### Items from a data source:
*** Block opens ***
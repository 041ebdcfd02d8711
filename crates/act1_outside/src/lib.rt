//! What lies outside the program, as traits: files, a place to print, and helpers that search. With
//! them come objects in memory that meet the traits, for tests and for runs without helpers.
#![tactic(auto)]

mod calls;
mod failures;
mod fake_helpers;
mod files;
mod helpers;
mod memory_files;
mod memory_sink;
mod no_helpers;
mod sink;
mod tear;
mod tickets;

pub use failures::Failures;
pub use fake_helpers::FakeHelpers;
pub use files::{FileFault, Files};
pub use helpers::{Entry, HelperFault, Helpers};
pub use memory_files::MemoryFiles;
pub use memory_sink::MemorySink;
pub use no_helpers::NoHelpers;
pub use sink::{Sink, SinkFault};
pub use tickets::Tickets;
*** Block closes ***
### Task description:
Extract each entry in full, exactly as given.

### Answer section:
repository 041ebdcfd02d8711
filename crates/act1_outside/src/lib.rt
//! What lies outside the program, as traits: files, a place to print, and helpers that search. With
//! them come objects in memory that meet the traits, for tests and for runs without helpers.
#![tactic(auto)]

mod calls;
mod failures;
mod fake_helpers;
mod files;
mod helpers;
mod memory_files;
mod memory_sink;
mod no_helpers;
mod sink;
mod tear;
mod tickets;

pub use failures::Failures;
pub use fake_helpers::FakeHelpers;
pub use files::{FileFault, Files};
pub use helpers::{Entry, HelperFault, Helpers};
pub use memory_files::MemoryFiles;
pub use memory_sink::MemorySink;
pub use no_helpers::NoHelpers;
pub use sink::{Sink, SinkFault};
pub use tickets::Tickets;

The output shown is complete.